The most glaring fallout from these issues has been that many of the most influential or flashy findings in science, particularly in psychology, fail to be reproduced (meaning that other researchers can’t get the same findings by crunching the same raw data obtained by the original study) or replicated (meaning that other researchers, when recreating the design of the original study, don’t get similar results).

The report also notes that the American public’s confidence in science hasn’t wavered at all in recent years, despite major news articles discussing the “crisis” in psychology and elsewhere. And it found that even scientists who have criticized the current state of things aren’t completely on-board with calling science broken.

The committee, while calling for a streamlined approach to replication and reproducibility studies as well as the better storage and availability of datasets for these studies to happen, also concludes that scientists shouldn’t worry too much about replicating any one individual study.

“A predominant focus on the replicability of individual studies is an inefficient way to assure the reliability of scientific knowledge,” they wrote. “Rather, reviews of cumulative evidence on a subject, to assess both the overall effect size and generalizability, is often a more useful way to gain confidence in the state of scientific knowledge.”

Of course, it isn’t just research methods that could stand to improve.

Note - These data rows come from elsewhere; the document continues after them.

//! Which ids came, by one flag for each id.
ghost use Rattle.std.specs.Prelude.{◌≡◌, [], false, true, length, replicate, set, IfOk};
ghost use Rattle.thread_sides.specs.Admitted.{is_new};

use blk_base::NoMemory;
use std::alloc::Global;
use std::marker::Model;

/// One flag for each id below a limit: whether it came.
#[derive(Drop)]
pub struct IdFlags {
    flags: Vec<bool>,
}

impl Model for IdFlags {
    ghost use Rattle.std.specs.Prelude.{List, Bool};

    ghost Value = { List Bool };

    ghost view = { λ f. f.flags.items };
}

impl IdFlags {
    /// No id came. All memory is taken here.
    pub fn make(alloc: Global, limit: usize) -> Result<IdFlags, NoMemory>
        ensures { IfOk result (λ f. f ≡ replicate limit false) }
    {
        Ok(IdFlags {
            flags: vec![in alloc; false; limit]?,
        })
    }

    /// How many ids there are.
    pub fn limit(&self) -> usize
        ensures { result ≡ length self.now }
    {
        self.flags.len()
    }

    /// Whether the id is below the limit and did not come.
    pub fn is_new(&self, id: u64) -> bool
        ensures { result ≡ is_new self.now id }
    {
        id < self.flags.len() as u64 && !self.flags[id as usize]
    }

    /// The id came.
    pub fn mark(&mut self, id: u64)
        ensures { self.new ≡ set self.old id true }
    {
        if id < self.flags.len() as u64 {
            self.flags[id as usize] = true;
        }
    }

    /// There are no ids any more.
    pub fn clear(&mut self)
        ensures { self.new ≡ [] }
    {
        self.flags.clear();
    }
}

The report also singles out journalists, citing a survey showing that 73 percent of Americans agree that the “biggest problem with news about scientific research findings is the way news reporters cover it.”

The report recommended that journalists “should report on scientific results with as much context and nuance as the medium allows,” especially when the research is complicated, contrary to what most similar studies have found on the same topic, or when the researchers involved have possible conflicts of interest, such as prior or current industry funding.

That presumably includes telling readers when a study involves mice instead of people.